Nasce una nuova religione nell’India del XV secolo. Il Sikhismo

Nel XV secolo, gran parte dell’India del Nord è da tempo governata da dinastie islamiche che si alternano al potere, regnando su territori più o meno vasti. Nel resto dell’India esistono vari regni regionali: piccoli stati islamici indipendenti dalle dinastie del nord e regni induisti, fra cui quello dell’Orissa e il vasto impero di Vijayanagara, nell’India meridionale.

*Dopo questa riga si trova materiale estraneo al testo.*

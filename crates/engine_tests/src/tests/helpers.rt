//! What several of these tests do. The tests make their values, and lend them to functions that own
//! neither an engine nor a partner.

use partner_traits::Partner;
use rent_engine::{Engine, EngineFault, OpKey, OpPoll, StartFault, Step, TurnReport};
use std::alloc::Global;
use std::process::Abort;
use uring_base::{Completion, Loan};
use uring_ops_file::Nop;
use uring_ring::IoUring;

pub fn engine_of(rt: &impl Abort, alloc: Global, entries: u32) -> Engine<IoUring> {
    let ring = IoUring::new(alloc, entries).expect(rt, "no ring");
    let params = *ring.params();
    Engine::new(alloc, ring, params)
}

pub fn nop_under(
    alloc: Global,
    engine: &mut Engine<IoUring>,
    number: u64,
) -> Result<OpKey, StartFault> {
    engine.start(alloc, number, Nop::new().build(), 0, None)
}

/// Starts a nop, and drops its key.
pub fn start_nop(rt: &impl Abort, alloc: Global, engine: &mut Engine<IoUring>, number: u64) {
    assert!(rt; nop_under(alloc, engine, number).is_ok());
}

/// Starts a cancel under a number of its own.
pub fn cancel_under(
    alloc: Global,
    engine: &mut Engine<IoUring>,
    target: u64,
    number: u64,
) -> Result<OpKey, StartFault> {
    engine.cancel(alloc, target, number)
}

pub fn is_key_in_use(started: Result<OpKey, StartFault>) -> bool {
    matches!(started, Err(StartFault::KeyInUse(None)))
}

pub fn is_ring_full(started: Result<OpKey, StartFault>) -> bool {
    matches!(started, Err(StartFault::RingFull(None)))
}

/// Asserts that a turn goes well, and gives its report.
pub fn turn<P: Partner>(
    rt: &impl Abort,
    alloc: Global,
    engine: &mut Engine<IoUring>,
    partner: &mut P,
) -> TurnReport {
    engine.turn(alloc, partner).expect(rt, "no turn")
}

/// The report of a turn that took so many entries, each of which is over.
pub fn all_over(taken: u32) -> TurnReport {
    TurnReport {
        taken,
        finals: taken,
    }
}

/// A completion with result 7.
pub fn completion(number: u64, flags: u32, loan: Option<Loan>) -> Completion {
    Completion {
        user_data: number,
        result: 7,
        flags,
        big: [0; 2],
        large: false,
        loan,
    }
}

/// Asserts that the engine answers so to a completion.
pub fn assert_completes(
    rt: &impl Abort,
    engine: &mut Engine<IoUring>,
    posted: Completion,
    answer: Result<Option<Step>, EngineFault>,
) {
    assert_eq!(rt; engine.complete(posted), answer);
}

/// Asserts that so many operations are in flight.
pub fn assert_in_flight(rt: &impl Abort, engine: &Engine<IoUring>, count: usize) {
    assert_eq!(rt; engine.in_flight(), count);
}

/// The result of an operation that is resolved, and whether it is so quietly.
fn end_of(polled: OpPoll) -> Option<(i32, bool)> {
    match polled {
        OpPoll::Ready(done) => Some((done.result, done.quiet)),
        OpPoll::Pending(_key) | OpPoll::Lost(_key) => None,
    }
}

/// Asserts that the operation was started and is resolved, with this result and so.
pub fn assert_ended(
    rt: &impl Abort,
    engine: &mut Engine<IoUring>,
    started: Result<OpKey, StartFault>,
    end: (i32, bool),
) {
    let key = started.expect(rt, "not started");
    assert_eq!(rt; end_of(engine.poll(key)), Some(end));
}

/// Asserts that the operation was started and is resolved with this result, by its own completion.
pub fn assert_resolved(
    rt: &impl Abort,
    engine: &mut Engine<IoUring>,
    started: Result<OpKey, StartFault>,
    outcome: i32,
) {
    assert_ended(rt, engine, started, (outcome, false));
}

Con il passare degli anni, il potere islamico in India cresce notevolmente. A sud, una coalizione di sultanati distrugge il regno di Vijayanagara, mentre il nord subisce l’invasione di Bābur (la Tigre), sovrano di un piccolo principato dell’Afghanistan. È questi un valente condottiero, discendente di Tamerlano e di Genghiz Khān che, nel 1526, dà inizio al regno dei Moghul. Un grande impero che, con alterne vicende, vivrà per oltre tre secoli e comprenderà, nel periodo della sua massima estensione, un territorio vastissimo: dall’Afghanistan al Kashmir incluso e dal Gujarat all’Orissa, arrivando a dominare gran parte dell’India meridionale.

Fig. 1. Cartina India XV e XVI secolo. Storia Universale Feltrinelli.

A questo complesso quadro storico corrisponde una ancor più complessa situazione religiosa.

Alla fede islamica si oppongono i vari sentieri della tradizione induista (Śivaismo, Viṣṇuismo, Śaktismo), tutti permeati da quella corrente devozionale, nota come bhakti che, già secoli prima, promuovendo l’idea di un dio personale e il rapporto diretto con esso, aveva avuto un grande impatto sulla società indiana.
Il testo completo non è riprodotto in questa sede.